▸ **Extracted records**
────────────────────

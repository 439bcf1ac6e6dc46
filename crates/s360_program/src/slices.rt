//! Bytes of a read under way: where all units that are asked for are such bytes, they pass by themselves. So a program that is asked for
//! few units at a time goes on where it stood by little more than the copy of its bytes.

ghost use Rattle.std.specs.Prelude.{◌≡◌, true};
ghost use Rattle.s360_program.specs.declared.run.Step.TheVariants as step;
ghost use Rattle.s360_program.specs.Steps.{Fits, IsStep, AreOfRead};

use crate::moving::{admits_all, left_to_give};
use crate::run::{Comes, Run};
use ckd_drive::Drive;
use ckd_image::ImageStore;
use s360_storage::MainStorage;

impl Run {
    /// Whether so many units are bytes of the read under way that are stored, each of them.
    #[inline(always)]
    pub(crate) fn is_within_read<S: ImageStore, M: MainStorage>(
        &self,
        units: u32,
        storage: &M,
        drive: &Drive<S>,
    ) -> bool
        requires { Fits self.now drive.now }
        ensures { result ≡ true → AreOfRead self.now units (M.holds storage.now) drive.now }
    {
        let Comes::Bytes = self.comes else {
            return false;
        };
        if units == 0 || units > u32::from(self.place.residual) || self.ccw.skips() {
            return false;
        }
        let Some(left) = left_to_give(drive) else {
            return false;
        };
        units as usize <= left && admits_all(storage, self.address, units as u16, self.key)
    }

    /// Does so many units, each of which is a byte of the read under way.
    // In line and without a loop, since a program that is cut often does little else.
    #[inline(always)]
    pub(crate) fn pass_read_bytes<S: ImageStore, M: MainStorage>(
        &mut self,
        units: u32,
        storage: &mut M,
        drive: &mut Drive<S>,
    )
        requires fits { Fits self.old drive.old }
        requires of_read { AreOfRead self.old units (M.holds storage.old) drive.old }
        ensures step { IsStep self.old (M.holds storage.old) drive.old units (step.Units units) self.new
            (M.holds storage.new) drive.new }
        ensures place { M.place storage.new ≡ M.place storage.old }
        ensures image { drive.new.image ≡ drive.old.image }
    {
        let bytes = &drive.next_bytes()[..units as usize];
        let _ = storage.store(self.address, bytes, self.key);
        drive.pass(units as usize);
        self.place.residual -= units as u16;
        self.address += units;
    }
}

────────────────────

▸ **Task instructions**
How many lines in the listing contain the string "little"? Please answer with the number and no other words.

▸ **Task answer**
2